Match 8 of the MT MMA Tournament. If anyone is confused about the way it works, here is the link explaining the boxing tournament, the rules are the same just a different sport.

Martial Talk Boxing Tournament With Poll/Bracket

This is the bracket listing, for anyone curious MartialTalk MMA Tournament - Challonge

The match is Frank Shamrock Vs. Mirko Cro Crop
Have your say: Frank Shamrock Vs. Mirko Cro Crop


----------



## Headhunter (Mar 30, 2018)

Frank shamrock. Cro cop is another who made his name in Japan then suddenly when he entered America lost most of his fights then went back to Japan an dominated so another juicier.

Shamrock is a legend of mma one of the most well rounded in the early days he deserves way more recognition but danas ego means we barely hear his name


----------



## Reedone816 (Mar 30, 2018)

Pride cro cop, he can shatter bone in guard position.

Sent from my BV8000Pro using Tapatalk


----------



## Steve (Mar 30, 2018)

Come on, @Headhunter , let's be real.  The early MMA guys were juicing like crazy... everywhere.  Most of the guys who were in the early UFC events were also or had also competed in Japan.  There was a lot of cross pollination.

I'm taking Frank Shamrock, but not because he was a saint, for crying out loud.  I think Cro Cop was mostly a kick boxer, and Frank Shamrock was more well rounded.

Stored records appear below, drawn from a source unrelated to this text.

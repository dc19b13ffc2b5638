//! The end of a search: each node that still waits becomes a leaf with its start prices.
ghost use Rattle.std.specs.Prelude.{◌≡◌, ◌≤◌, ◌++◌, ◌∷◌, [], length, IfOk, OnOk, unwrap_or};
ghost use Rattle.optra_prices.specs.Keepings.{AreKept};
ghost use Rattle.optra_search.specs.Openings.{front, start_below};
ghost use Rattle.optra_search.specs.Reached.{parts_of};
ghost use Rattle.optra_search.specs.Closings.{MayClose, HasClosed};

use crate::searching::{Search, close, start_under};
use crate::settling::{whole_cents, zero_prices};
use crate::waiting::{Waiting, enter};
use optra_network::NoMemory;
use optra_node::Prices;
use optra_prices::ArcTables;
use optra_prices::keeping::{bring_to, dual_over};
use optra_walk::{Instance, RowFamily};
use std::alloc::Global;

/// The prices at which a node starts, copied where they are those of the next one below.
fn own_start<R: Copy>(
    alloc: Global,
    start: Option<Prices<R>>,
    waiting: &[Waiting<R>],
) -> Result<Prices<R>, NoMemory>
    ensures { IfOk result (λ prices. prices ≡ unwrap_or start (start_below (front waiting.now))) }
{
    match start {
        Some(prices) => Ok(prices),
        None => {
            let zero = zero_prices(alloc);
            let below = start_under(waiting, &zero);
            let entries = Vec::from_slice(alloc, &below.entries)?;
            Ok(Prices { entries })
        }
    }
}

/// The node that was on top of the stack becomes a leaf with its start prices. The tables of arcs are brought to it.
fn close_open<F: RowFamily>(
    alloc: Global,
    inst: Instance<'_>,
    rows: &F,
    kept: &mut ArcTables<'_, F::Row>,
    search: Search<F::Row>,
    top: Waiting<F::Row>,
) -> Result<Search<F::Row>, NoMemory>
    requires kept { AreKept F.Row.cmp inst.net.now (F.rows_of rows.now inst.net.now)
        (F.rows_used rows.now inst.net.now) inst.bids.now kept.old }
    requires closing { MayClose F.Row.cmp inst.net.now (F.rows_of rows.now inst.net.now)
        inst.bids.now (record (parts_of search) { waiting = search.waiting.items ++ top ∷ [] }) }
    ensures closing { IfOk result (λ after. MayClose F.Row.cmp inst.entry.net.now
        (F.rows_of rows.now inst.entry.net.now) inst.entry.bids.now (parts_of after)) }
    ensures closed { IfOk result
        (λ after. HasClosed (record (parts_of search) { waiting = search.waiting.items ++ top ∷ [] })
        (parts_of after)) }
    ensures rest { IfOk result (λ after. after.waiting.items ≡ search.waiting.items) }
    ensures kept { OnOk result (AreKept F.Row.cmp inst.entry.net.now
        (F.rows_of rows.now inst.entry.net.now) (F.rows_used rows.now inst.entry.net.now)
        inst.entry.bids.now kept.new) }
{
    let mut search = search;
    let Waiting {
        depth,
        decision,
        start,
    } = top;
    enter(&mut search.node, depth, decision)?;
    bring_to(alloc, inst, rows, &search.node, kept)?;
    let prices = own_start(alloc, start, &search.waiting)?;
    let dual = dual_over(alloc, inst, rows, &search.node, kept, &prices)?;
    let cents = whole_cents(dual.value);
    let after = close(search, prices, cents)?;
    Ok(after)
}

/// Each node that waits becomes a leaf with its start prices, from the top of the stack down, over the same tables of
/// arcs.
pub(crate) fn close_all<F: RowFamily>(
    alloc: Global,
    inst: Instance<'_>,
    rows: &F,
    kept: &mut ArcTables<'_, F::Row>,
    search: Search<F::Row>,
) -> Result<Search<F::Row>, NoMemory>
    requires kept { AreKept F.Row.cmp inst.net.now (F.rows_of rows.now inst.net.now)
        (F.rows_used rows.now inst.net.now) inst.bids.now kept.old }
    requires closing { MayClose F.Row.cmp inst.net.now (F.rows_of rows.now inst.net.now)
        inst.bids.now (parts_of search) }
    ensures closing { IfOk result (λ after. MayClose F.Row.cmp inst.entry.net.now
        (F.rows_of rows.now inst.entry.net.now) inst.entry.bids.now (parts_of after)) }
    ensures closed { IfOk result (λ after. HasClosed (parts_of search) (parts_of after)) }
    ensures none { IfOk result (λ after. after.waiting.items ≡ []) }
{
    let mut search = search;
    'waiting: while let Some(top) = search.waiting.pop() {
        search = close_open(alloc, inst, rows, kept, search, top)?;
    }
    Ok(search)
}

3-2 Frank Shamrock as of the time of this post.


----------



## CB Jones (Mar 30, 2018)

Yeah....good chance Shamrock and Cro Cop were both juicing.

Either way I good with either winning.  I voted Cro Cop just because for some reason I always liked him.


----------



## JR 137 (Mar 30, 2018)

Is it just me or is it the same thing every time in these threads?  Pretty entertaining though


----------



## Steve (Mar 30, 2018)

JR 137 said:


> Is it just me or is it the same thing every time in these threads?  Pretty entertaining though


It's not the same thing.  Last time, we were arguing about two completely different guys.


----------



## Anarax (Mar 31, 2018)

The only advantage Frank Shamrock has over Cro Cop is grappling/submissions. Out of Cro Cop's 50 pro MMA fights he's only lost 3 by submission, Cro Cop would destroy Frank in stand up.


----------



## JR 137 (Mar 31, 2018)

Steve said:


> It's not the same thing.  Last time, we were arguing about two completely different guys.


Unfortunately, I can’t rate the post funny, like, agree, and disagree, and informative all at the same time.  The rating system is too restrictive in this instance.


----------



## Monkey Turned Wolf (Apr 5, 2018)

Calling it here-Frank Shamrock wins 8-4!


----------



## Buka (Apr 6, 2018)

Steve said:


> It's not the same thing.  Last time, we were arguing about two completely different guys.



Like an old Packard. Classic.


----------